Dashboard Day: PowerBI

by Elaine Yuan

After completing the Dashboard in a Day training, which I wrote about in this blog post, I organized a Dashboard Day for the bench thrivers of DSNY2. In our training, we skipped Dashboard Week: PowerBI day and instead learned about effective data communication. We wrote about that day of learning in the following blogs:

(What a throwback.)

I suggested the Dashboard Week: PowerBI challenge outlined here and among the four datasets, I chose the mock customer service data. After examining the dataset in Excel, I determined that the data was relatively clean and opened PowerBI. By the end of the day, I made three dashboards:


After using PowerBI for an additional day, here are some opportunities and obstacles of using PowerBI as a skilled Tableau user:

OPPORTUNITIES

As I mentioned in my previous blog post about PowerBI, I enjoy being able to round corners; in these dashboards, I rounded the corners of my navigation buttons across the top. Whereas, in a recent Tableau dashboard, I made and brought in images of rounded corner buttons to achieve the same look.

Speaking of the navigation buttons, these were easy to configure by going to Insert > Buttons > Navigator > Page navigator. The navigation buttons conveniently took on the name of the corresponding sheet titles.


Additionally, it is easy to make a lot of cool charts, such as funnel charts, KPI cards, and more. It takes a number of steps to build a donut in Tableau, as documented in this blog post, but in PowerBI, the donut chart is accessible in the visualizations pane.


Slicers are also available in PowerBI. Filters and slicers are not the same in PowerBI; filters are determined by the developer and slicers are similar to filters, but they are meant for the user to engage with when using the dashboard. Depending on the field in the slicer, the slicer can appear as a slider, tiles, a dropdown menu, or a checklist.

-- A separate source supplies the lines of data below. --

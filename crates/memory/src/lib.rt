// Lent bytes: the only place that reads and writes them, and that finds the address of answer 7.
#![tactic(auto, using(bits::specs::Cases::cases))]

ghost use Rattle.std.specs.Prelude.{◌≡◌, ◌+◌, ◌≤◌, length};
ghost use Rattle.memory.specs.Bytes.{word_at, put_word, bytes_of, read_of, written_of};
ghost use Rattle.memory.specs.Plans.{reaches_out, outside_of, within_of, loaded_of, stored_of, load_plan_of, store_plan_of, load_one_of, store_one_of, load_pair_of, store_pair_of};

// What one access moves.
#[derive(Clone, Copy, Debug, PartialEq, Eq)]
pub enum Width {
    Byte,
    Half,
    Word,
}

impl Width {
    pub fn bytes(self) -> u32
        ensures { result ≡ bytes_of self }
    {
        match self {
            Width::Byte => 1,
            Width::Half => 2,
            Width::Word => 4,
        }
    }
}

// The address of the first access of a plan that has a byte outside.
#[derive(Clone, Copy, Debug, PartialEq, Eq)]
pub struct Outside(pub u32);

#[tactic(auto, using(bits::specs::Cases::cases), unfolding(crate::specs::Bytes::word_at))]
pub fn read32(mem: &[u8], at: u32) -> u32
    requires { at + 4 ≤ length mem.now }
    ensures { result ≡ word_at mem.now at }
{
    let i = at as usize;
    u32::from_le_bytes([mem[i], mem[i + 1], mem[i + 2], mem[i + 3]])
}

#[tactic(auto, using(bits::specs::Cases::cases), unfolding(crate::specs::Bytes::put_word))]
pub fn write32(mem: &mut [u8], at: u32, value: u32)
    requires { at + 4 ≤ length mem.old }
    ensures { mem.new ≡ put_word mem.old at value }
{
    let i = at as usize;
    let [a, b, c, d] = value.to_le_bytes();
    mem[i] = a;
    mem[i + 1] = b;
    mem[i + 2] = c;
    mem[i + 3] = d;
}

// A number of any width, in the low bytes of a word.
#[tactic(auto, using(bits::specs::Cases::cases), unfolding(crate::specs::Bytes::half_at))]
pub fn load(mem: &[u8], at: u32, width: Width) -> u32
    requires { at + bytes_of width ≤ length mem.now }
    ensures { result ≡ read_of mem.now at width }
{
    let i = at as usize;
    match width {
        Width::Byte => u32::from(mem[i]),
        Width::Half => u32::from(u16::from_le_bytes([mem[i], mem[i + 1]])),
        Width::Word => read32(mem, at),
    }
}

#[tactic(auto, using(bits::specs::Cases::cases), unfolding(crate::specs::Bytes::put_half))]
pub fn store(mem: &mut [u8], at: u32, width: Width, value: u32)
    requires { at + bytes_of width ≤ length mem.old }
    ensures { mem.new ≡ written_of mem.old at width value }
{
    let i = at as usize;
    let [low, high, _, _] = value.to_le_bytes();
    match width {
        Width::Byte => mem[i] = low,
        Width::Half => {
            mem[i] = low;
            mem[i + 1] = high;
        }
        Width::Word => write32(mem, at, value),
    }
}

// Whether an access has a byte outside. It takes a number of bytes, as `outside_of` does, which says it of every number and not of the three widths alone; so does the next.
pub fn reaches_out(len: usize, at: u32, width: u32) -> bool
    ensures { result ≡ reaches_out len at width }
{
    len < at as usize + width as usize
}

// The first access of a plan that has a byte outside, in transfer order.
#[tactic(auto, using(bits::specs::Cases::cases, bits::specs::Laws::Order::left_next, crate::specs::Laws::Plans::out_here, crate::specs::Laws::Plans::out_later, crate::specs::Laws::Plans::out_none))]
pub fn find_outside(len: usize, address: u32, width: u32, count: u32) -> Option<u32>
    ensures { result ≡ outside_of len address width count }
{
    let mut at = address;
    for _ in 0..count {
        if reaches_out(len, at, width) {
            return Some(at);
        }
        at = at.wrapping_add(width);
    }
    None
}

// One access, tested and then made.
#[tactic(auto, using(bits::specs::Cases::cases, crate::specs::Laws::Plans::out_one, crate::specs::Laws::Plans::reached), unfolding(crate::specs::Plans::within_of))]
pub fn try_load(mem: &[u8], at: u32, width: Width) -> Result<u32, Outside>
    ensures { result ≡ load_one_of mem.now at width }
{
    if reaches_out(mem.len(), at, width.bytes()) {
        Err(Outside(at))
    } else {
        Ok(load(mem, at, width))
    }
}

#[tactic(auto, using(bits::specs::Cases::cases, crate::specs::Laws::Plans::out_one, crate::specs::Laws::Plans::reached), unfolding(crate::specs::Plans::within_of, crate::specs::Plans::kept_of))]
pub fn try_store(mem: &mut [u8], at: u32, width: Width, value: u32) -> Result<(), Outside>
    ensures { (result, mem.new) ≡ store_one_of mem.old at width value }
{
    if reaches_out(mem.len(), at, width.bytes()) {
        Err(Outside(at))
    } else {
        store(mem, at, width, value);
        Ok(())
    }
}

// The words of a plan tested whole.
#[tactic(auto, using(bits::specs::Cases::cases), unfolding(crate::specs::Plans::within_of))]
fn check_words(len: usize, at: u32, count: u32) -> Result<(), Outside>
    ensures { result ≡ within_of (outside_of len at 4 count) tt }
{
    match find_outside(len, at, 4, count) {
        None => Ok(()),
        Some(address) => Err(Outside(address)),
    }
}

// The words of a plan as the first of the values, in transfer order. This and the next are mirror images, and differ in which side is lent to be written, so one generic is no plainer; the sixteen come whole with their count, as `loaded_of` says that the rest of them stays.
pub fn load_words(mem: &[u8], at: u32, count: u32, values: &mut [u32; 16])
    requires { (outside_of (length mem.now) at 4 count ≡ None) × (count ≤ 16) }
    ensures { values.new ≡ loaded_of mem.now at count values.old }
{
    let mut a = at;
    for value in &mut values[..count as usize] {
        *value = read32(mem, a);
        a = a.wrapping_add(4);
    }
}

// The first of the values as the words of a plan, in transfer order.
pub fn store_words(mem: &mut [u8], at: u32, count: u32, values: &[u32; 16])
    requires { (outside_of (length mem.old) at 4 count ≡ None) × (count ≤ 16) }
    ensures { mem.new ≡ stored_of mem.old at count values.now }
{
    let mut a = at;
    for value in &values[..count as usize] {
        write32(mem, a, *value);
        a = a.wrapping_add(4);
    }
}

// A load of words performed: tested whole, and moved only where every access lies inside. This and the next stand apart and take the sixteen for the same reasons.
#[tactic(auto, using(bits::specs::Cases::cases, crate::specs::Laws::Plans::within_ok, crate::specs::Laws::Plans::within_err), unfolding(crate::specs::Plans::within_of, crate::specs::Plans::kept_of))]
pub fn perform_load(mem: &[u8], at: u32, count: u32, values: &mut [u32; 16]) -> Result<(), Outside>
    requires { count ≤ 16 }
    ensures { (result, values.new) ≡ load_plan_of mem.now at count values.old }
{
    check_words(mem.len(), at, count)?;
    load_words(mem, at, count, values);
    Ok(())
}

// A store of words performed, in the same way.
#[tactic(auto, using(bits::specs::Cases::cases, crate::specs::Laws::Plans::within_ok, crate::specs::Laws::Plans::within_err), unfolding(crate::specs::Plans::within_of, crate::specs::Plans::kept_of))]
pub fn perform_store(mem: &mut [u8], at: u32, count: u32, values: &[u32; 16]) -> Result<(), Outside>
    requires { count ≤ 16 }
    ensures { (result, mem.new) ≡ store_plan_of mem.old at count values.now }
{
    check_words(mem.len(), at, count)?;
    store_words(mem, at, count, values);
    Ok(())
}

// Two words one behind the other, tested together.
#[tactic(auto, using(bits::specs::Cases::cases, crate::specs::Laws::Plans::within_ok, crate::specs::Laws::Plans::within_err, crate::specs::Laws::Plans::inside_two), unfolding(crate::specs::Plans::within_of))]
pub fn load_pair(mem: &[u8], at: u32) -> Result<(u32, u32), Outside>
    ensures { result ≡ load_pair_of mem.now at }
{
    check_words(mem.len(), at, 2)?;
    let low = read32(mem, at);
    let high = read32(mem, at.wrapping_add(4));
    Ok((low, high))
}

#[tactic(auto, using(bits::specs::Cases::cases, crate::specs::Laws::Bytes::length_word, crate::specs::Laws::Plans::within_ok, crate::specs::Laws::Plans::within_err, crate::specs::Laws::Plans::inside_two), unfolding(crate::specs::Plans::within_of, crate::specs::Plans::kept_of))]
pub fn store_pair(mem: &mut [u8], at: u32, low: u32, high: u32) -> Result<(), Outside>
    ensures { (result, mem.new) ≡ store_pair_of mem.old at low high }
{
    check_words(mem.len(), at, 2)?;
    write32(mem, at, low);
    write32(mem, at.wrapping_add(4), high);
    Ok(())
}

For instance, here is a tiled slicer in the Client View dashboard.:


Furthermore, by selecting the ellipsis (...) in the Visualizations pane, you can access more visuals.

There are a lot of options in this window of Power BI visuals, including radar charts, Sankey diagrams, word clouds, etc. This was where I found the star ratings visual I used in my dashboards! ⭐⭐⭐⭐⭐


PowerBI has default interactivity built into a dashboard, but interactivity is straightforward  to customize by going to Format > Edit Interactions. A set of interaction buttons will appear by each element of the dashboard and you can select the appropriate interaction - filter, highlight, or none.


OBSTACLES

First, there were no containers and no padding. To simulate padding, I needed to get creative with sizes of visualizations and shapes.

In my Regional View dashboard, I created gray rectangular shapes for each region. These were akin to a horizontal layout container in Tableau. My visualizations were floating on the gray shapes and I could adjust the height of each of these visualizations. My sparklines, average call duration KPIs, and star ratings were all reduced in height and vertically centered on each of the gray shapes.


Similarly, there is a lack of flexibility when it comes to text placement. I love donut charts, as you may already know, because I can place additional information in the donut hole. In PowerBI, I could not place text in the donut hole when formatting the donut chart and instead, layered a textbox atop each of my donuts.


Although it is simple to set up interactivity in PowerBI, it is tedious to set up interactivity in a dashboard with many elements. For example, in my Regional View, there are a lot of elements and I wanted the interactivity to happen on a regional basis. I had to click a lot of none buttons to achieve the effect I wanted.


As a Tableau user, I am accustomed to physically dragging fields from the Rows shelf, Columns shelf, or Marks card. I kept on trying to do the same in PowerBI, even when the X to remove the field was present. This was a mistake I kept on making.

Lastly, the PowerBI dashboard is the size of a PowerPoint slide and despite its appropriate size for a dashboard, I want more flexibility in sizing.


This Dashboard Day was challenging in a good way and I look forward to learning more PowerBI in the near future.